Критика теории «двух фаз» у Маркузе вполне однозначная:

«По контрасту с этим положением вещей, теория двух фаз может лишь предполагать изменения в будущем. Её ценность очень мала для европейских и американских рабочих, находящихся в области тред-юнионистской идеологии; здесь также восторжествовал позитивизм. И она становится тем менее ценной, чем дольше длится «первая фаза». Её затягивание питает в рабочих, находящихся под влиянием этой теории, дух покорности и приспособления, и эти рабочие сами поддерживают увековечивание «первой фазы», а революционные устремления у них гаснут. В этих обстоятельствах конец «первой фазы» и переход к коммунизму могут произойти только как чудо или как результат работы внешних, зарубежных сил».

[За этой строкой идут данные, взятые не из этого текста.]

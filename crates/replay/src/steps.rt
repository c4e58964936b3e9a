// The calls by their numbers, each on the parts of the arrays that its mesh or its case has.
use crate::tessellated::{operations, tessellate};
use crate::{calls, output};
use replay_calls::{Session, after, going, stopped};
use replay_format::Head;
use replay_head::Case;
use slice::wide;
use transform::TransformOp;

// 6: measures A.
fn measure(s: Session, va: &[f64], ta: &[u32]) -> Session {
    let a = s.a;
    let n = a.floats.min(va.len());
    let k = a.numbers.min(ta.len());
    let m = a.mesh;
    let written = calls::measure(m, &va[..n], &ta[..k]);
    going(s, written)
}

// 2: clips an outline. The meshes stay as they are.
fn clip(s: Session, h: Head, work: &mut [u32], list: &[f64]) -> Session {
    let k = wide(h.triangle_numbers).min(work.len());
    let n = wide(h.list_floats).min(list.len());
    let written = calls::clip(&list[..n], &mut work[..k]);
    going(s, written)
}

// 8: loads A from the input.
fn load(s: Session, h: Head, va: &mut [f64], ta: &mut [u32]) -> Session {
    let n = wide(h.vertex_floats).min(va.len());
    let k = wide(h.triangle_numbers).min(ta.len());
    let r = calls::load(h, &mut va[..n], &mut ta[..k]);
    after(s, r, n, k)
}

// 3: appends B to A.
fn append(s: Session, va: &mut [f64], ta: &mut [u32], vb: &[f64], tb: &[u32]) -> Session {
    let a = s.a;
    let b = s.b;
    let n = a.floats.min(va.len());
    let k = a.numbers.min(ta.len());
    let p = b.floats.min(vb.len());
    let q = b.numbers.min(tb.len());
    let m = a.mesh;
    let other = b.mesh;
    let r = calls::append(m, &mut va[..n], &mut ta[..k], other, &vb[..p], &tb[..q]);
    after(s, r, n, k)
}

// 4: flips A.
fn flip(s: Session, va: &[f64], ta: &mut [u32]) -> Session {
    let a = s.a;
    let n = a.floats.min(va.len());
    let k = a.numbers.min(ta.len());
    let m = a.mesh;
    let r = calls::flip(m, &va[..n], &mut ta[..k]);
    after(s, r, n, k)
}

// 5: transforms A.
fn transform(
    s: Session,
    h: Head,
    ops: [TransformOp; 16],
    va: &mut [f64],
    ta: &mut [u32],
) -> Session {
    let a = s.a;
    let n = a.floats.min(va.len());
    let k = a.numbers.min(ta.len());
    let m = a.mesh;
    let r = calls::transform(m, &mut va[..n], &mut ta[..k], &operations(h, ops));
    after(s, r, n, k)
}

// 7: exchanges A and B.
fn exchange(s: Session, va: &mut [f64], ta: &mut [u32], vb: &mut [f64], tb: &mut [u32]) -> Session {
    let t = replay_calls::exchange(s, va, ta, vb, tb);
    going(t, output::word(0))
}

// A call by its number. Any number that is no call's ends the run.
pub(crate) fn call(
    s: Session,
    c: Case,
    ops: [TransformOp; 16],
    va: &mut [f64],
    ta: &mut [u32],
    vb: &mut [f64],
    tb: &mut [u32],
    work: &mut [u32],
    list: &[f64],
) -> Session {
    let h = c.head;
    // A match and no table of functions: each call is lent other arrays, and a table would lend all of them to each.
    match h.what {
        1 => tessellate(s, c, ops, va, ta, work, list),
        2 => clip(s, h, work, list),
        3 => append(s, va, ta, vb, tb),
        4 => flip(s, va, ta),
        5 => transform(s, h, ops, va, ta),
        6 => measure(s, va, ta),
        7 => exchange(s, va, ta, vb, tb),
        8 => load(s, h, va, ta),
        _ => stopped(s),
    }
}
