// Endless repetition: what recurs in it, and the search for the round after which it repeats. Definitions in specs/, laws in proofs/.
#![tactic(auto)]

ghost use Rattle.std.specs.Prelude.{◌≡◌, ◌<◌};
ghost use Rattle.recurrence.specs.Search.{search_from, search_next};

// The search for a repeat among the states in which rounds end (Brent's cycle finding): one state is kept, and every later one is compared with it. It gives way to the present
// one after 1, 2, 4, .. rounds, so that at last a state is kept that recurs, and for long enough to be seen again. No table of the states seen is needed.
#[derive(Clone, Copy, Debug, PartialEq, Eq)]
pub struct Search {
    // the state in which the next round begins
    pub state: usize,
    // what the rounds met since the kept state was reached
    pub value: u8,
    pub kept: usize,
    // how many rounds ago the kept state was reached, and after how many it gives way
    pub since: usize,
    pub limit: usize,
    // whether a state was seen again: then the value is what recurs. No Option: the value goes on from round to round before, too
    pub found: bool,
}

impl Search {
    // Before the first round; `none` is the value of no round.
    pub fn new(state: usize, none: u8) -> Self
        ensures { result ≡ search_from state none }
    {
        Self {
            state,
            value: none,
            kept: state,
            since: 0,
            limit: 1,
            found: false,
        }
    }

    // After a round more, which ended in the state `ended`: `one` is the value of that round, `all` that of the rounds since the kept state was reached, with this one.
    // A round that ends where it began is a repeat by itself.
    pub fn next(self, ended: usize, one: u8, all: u8, none: u8) -> Self
        requires { (self.since < 4294967296) × (self.limit < 4294967296) }
        ensures { result ≡ search_next self ended one all none }
    {
        let mut s = self;
        let begun = s.state;
        s.state = ended;
        s.value = all;
        if ended == begun {
            s.value = one;
            s.found = true;
            return s;
        }
        if ended == s.kept {
            s.found = true;
            return s;
        }
        s.since += 1;
        if s.since == s.limit {
            s.value = none;
            s.kept = ended;
            s.since = 0;
            s.limit *= 2;
        }
        s
    }
}
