/// The forms of output that are asked for.
#[tactic(auto, unfolding(crate::specs::Options::options))]
fn forms_of(alloc: Global, matches: &ArgMatches<'_>) -> Result<Vec<Form>, AllocError>
    ensures { IfOk result (λ forms. forms.items ≡ forms_of (rows_of (found_of matches.now))) }
{
    forms_among(alloc, &OPTIONS, matches)
}

/// How records are printed as text, if no form of output is asked for.
fn format_in_text<'a>(
    verb: Verb,
    separator: Option<Separator>,
    matches: &ArgMatches<'a>,
) -> Result<Format, UsageError<'a>>
    ensures { let meant = format_in_text verb separator (rows_of (found_of matches.now)) in
        MatchResult result (λ format. meant ≡ Some format) (λ _. meant ≡ None) }
{
    if separator.is_some() {
        return Err(UsageError::SeparatorWithoutCsv);
    }
    if has_value(matches, "label") {
        return Err(UsageError::LabelInText);
    }
    Ok(text_format(verb))
}

/// How records are printed in a form of output.
fn format_in_form<'a>(
    alloc: Global,
    form: Form,
    separator: Option<Separator>,
    matches: &ArgMatches<'a>,
) -> Result<Format, UsageError<'a>>
    ensures { let meant = format_in_form form separator (rows_of (found_of matches.now)) in
        MatchResult result (λ format. meant ≡ Some format) (λ e. (e ≡ UsageError.Memory) ⊎ (meant ≡ None)) }
{
    if separator.is_some() && form != Form::Csv {
        return Err(UsageError::SeparatorWithoutCsv);
    }
    let labels = copies_of(alloc, matches, "label")?;
    Ok(Format::Labelled(form, separator.unwrap_or(Separator::Comma), labels))
}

Отмечая необходимость социализации (обобществления) средств производства, решение проблемы перехода к коммунистическому обществу мыслителем видится в радикальном изменении потребностей общества и личности. А подобная трансмутация социальной сущности человека Гербертом Маркузе видится в промежуточном же периоде анархизации общественных отношений:

"Управление средствами производства, осуществляемое бюрократическим государством, не упраздняет наёмный труд. Этого не произойдёт, пока сами производители не будут управлять производством, т.е. определять, что, как много и в течение какого времени производить. Этот шаг в современных экономических условиях, вероятно, равносилен переходу к анархии и дезинтеграции. И именно эта анархия и дезинтеграция является, вероятно, единственным путём сломать капиталистическое производство, чтобы на его месте возник социализм: создать «междуцарствие» или даже вакуум, в которого могут перемениться потребности и может родиться свобода. Анархия свидетельствовала бы об упразднении господства, а дезинтеграция уничтожила бы власть производственного аппарата над людьми или, по крайней мере, означала бы максимальный шанс для тотального отрицания классового общества. Когда рабочие возьмут производство в свои собственные руки (и при этом сразу опять не подчинят себя новой господствующей бюрократии), вероятно, они прежде всего упразднят наёмный труд, то есть сократят рабочее время. Также они могли бы решать, что производить: в разных местностях — что угодно, что кажется им наиболее важным. Это автоматически привело бы к распаду национальной экономики в её интегрированной форме; производственный аппарат распался бы на отдельные части, во многих случаях техническое оборудование оставалось бы неиспользованным. Началось бы движение вспять, которое не только «выломало» бы национальную экономику из мировой, но и принесло бы нищету и страдания. Но эта катастрофа будет признаком того, что старое общество реально перестало функционировать: избежать её невозможно. Это означало бы, что скачок в социализм повлёк бы за собой резкий переход к более низкому уровню жизни по сравнению с достигнутым в капиталистических странах. Социалистическое общество начиналось бы на технологически «уже превзойдённом» уровне цивилизации. Исходный критерий социалистического общества не технологический — он состоит в прогрессе реализации работы производителей, что выражается в качественном изменении потребностей. Воля к уничтожению господства и эксплуатации проявляется как стремление к анархии".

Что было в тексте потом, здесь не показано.